# Ignorance and Entitlement.



## Mo Mo (Sep 16, 2016)

I an writing this post in the "Gear" section because my post directly correlates to hunting gear and there is a lesson to be learned here.

I work in a customer service based operation at a manufacturing company who is in the hunting community. And with that, I deal with the public on many occasions, both directly and indirectly where they ask for help. I wish I could say that I never deal with angry customers or people you just can't please. Unfortunately, this is not the world we live in. The world we live in is full of ignorance and entitlement.

Some comments I have heard from the public state that it is the products fault that they missed their deer or whatever the quarry may be. This is a very generic statement and in most instances, products are falsely accused of being the proprietor of a bad hunt. We have all been there, on a hunt, you take a shot and a miss. It happens. Weather it be "buck fever" or any number of variables, it is always someone or somethings fault, other than the hunter when dealing with customers.

Some customers feel that they are entitled to a brand new item because of the above described hunt failure. This is even after the product has been checked and verified to work correctly, or was able to be repaired if an issue was present. These customers fall into the category of people you just can please. No matter how hard you try, there is no reasoning with this type of person.

What has this world come to? People are blaming in-animate objects for failed hunts and feel like they are entitled to new product because they feel that the product they have is no good.

Through phone conversations, I ask tons of questions to try to find the source of the issue. Sometimes this leads to a confrontation. But I explain that even though the problem may not be applicable to the products I service, I would not be doing my job correctly if I did not try to help my customers figure out the issue and a possible solution, even if the issue isn't our product.

You would be surprised to know how many people get caught in lies. Changing of stories like "I bumped my item on a tree" and then it changes to " I dropped my item". Yet the customer still proclaims that it is the products fault for a failed hunt. "My item isn't working correctly, and it cost me my hunt". My reply and question is, "Did you verify that your item was working correctly before you went on the hunt?" Ahh....there it is. You would be surprised how many customers come clean and say that they had not. That is one lesson to be learned by all. You can have the finest gear to hunt with, but if you don't verify that it is proper working order, it's not ging to do you a bit of good in the field.

Now there is another type of customer that fits into the failed hunt category and somewhat falls in line with the above. These are the customers who have been hunting their whole life, are Harvard grads and tell you about all of their life's accomplishments. And for all of those wonderful brain cells they have, they are missing the one that processes the ability to read the instructions that come with the item so that they can understand how the product works. I have heard that assumption is the mother of all f*ckups. I would have to agree. Why would someone not take the time to completely understand how their product works before going into the field?

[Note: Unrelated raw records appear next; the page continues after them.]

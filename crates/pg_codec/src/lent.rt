//! A value and a field that are read in place: nothing of them is copied, and no memory is taken.

ghost use Rattle.std.specs.Prelude.{◌≡◌, option_copied};
ghost use Rattle.std.specs.Option.{option_map};
ghost use Rattle.pg_codec.specs.Private.Reader.{value_at, error_field_at};
ghost use Rattle.pg_codec.specs.Private.Lent.{lent_field};

use crate::reader::{nonzero_at, u32_at, zero_place};

/// The value at the beginning of the bytes, and the bytes after it.
#[tactic(auto, unfolding(crate::specs::Private::Reader::value_at))]
pub fn lent_value_at(bytes: &[u8]) -> Option<(Option<&[u8]>, &[u8])>
    ensures { option_map (λ x. (option_copied x.0, x.1.now)) result ≡ value_at bytes.now }
{
    let Ok((len, rest)) = u32_at(bytes) else {
        return None;
    };
    // the length -1
    if len == u32::MAX {
        return Some((None, rest));
    }
    if len > i32::MAX as u32 || rest.len() < len as usize {
        return None;
    }
    let (value, rest) = rest.split_at(len as usize);
    Some((Some(value), rest))
}

/// The field of an error or a notice at the beginning of the bytes, and the bytes after it.
#[tactic(auto, unfolding(crate::specs::Private::Reader::error_field_at))]
pub fn lent_field_at(bytes: &[u8]) -> Option<((u8, &[u8]), &[u8])>
    ensures { option_map (λ x. (lent_field x.0, x.1.now)) result ≡ error_field_at bytes.now }
{
    let Ok((code, rest)) = nonzero_at(bytes) else {
        return None;
    };
    let end = zero_place(rest)?;
    let (text, _) = rest.split_at(end);
    let (_, rest) = rest.split_at(end + 1);
    Some(((code, text), rest))
}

So now we have ignorant and unknowledgable customer's who feel that it's still the product's fault for their shortcomings. And manufacturers bare the brunt of this stupidity on a daily basis. Some food for thought, a person doesn't understand how to use their product or didn't verify that it's working correctly before going on a hunt, and we have to share the field with them. hat makes me feel safe, not.

And now we have the last group that is so wonderful to deal with. The entitled customer who feels that everyone needs to bow down to their wants and needs. This person is most likely the type of person who never received the proper a$$ beating in life to bring them back to reality and understand that it's not all about them. This is the type of person who might damage their product or not understand how to use their product, but feels like they are entitled to brand new product. Or their product truly has an issue that can easily be fixed, but a new product is demanded from the start. Like stated before, these customers are not easy to please and truly make work a punch in the dong. Again, it is the customer's shortcomings that have brought them to this point and they are blinded by their inability to function properly in society like normal people.

The lessons that should be learned from this post are:

1: Check your gear, it's not the gear's fault for a failed hunt if you don't verify function. It's no one's fault but your own if you fail your hunt because of a gear issue.

2: Understand how to use your product and read the literature that is provided. Practice with your product so that when it is time to use your product for your hunt, you will already know the outcome of using your product.

3: Customer service people are more than willing to help you. The old saying goes, treat someone how you would like to be treated. This is a saying anyone should remember when dealing with customer service at any business. The more respectful you are to a customer service person, the more they will help you, the more they will go above and beyond for you.

I wrote this post so that we could all remember that being ignorant or feeling entitled is by no means acceptable when trying to ask for help. Please, next time you need to deal with a customer service person, put yourself in their shoes and try to work with them as they will do the same for you.

~Mo Mo


----------



## 220swift (Mar 2, 2011)

:thumbsup: :thumbsup: :thumbsup: :thumbsup: :thumbsup: well stated Mo Mo....... oh the stories I could tell after 19 years of on site computer, printer and network service


----------



## glenway (Mar 27, 2011)

Agreed, Mo Mo. I once saw a guy buying a new firearm the evening before opening day of deer season. I guess we don't have to wonder how his season went.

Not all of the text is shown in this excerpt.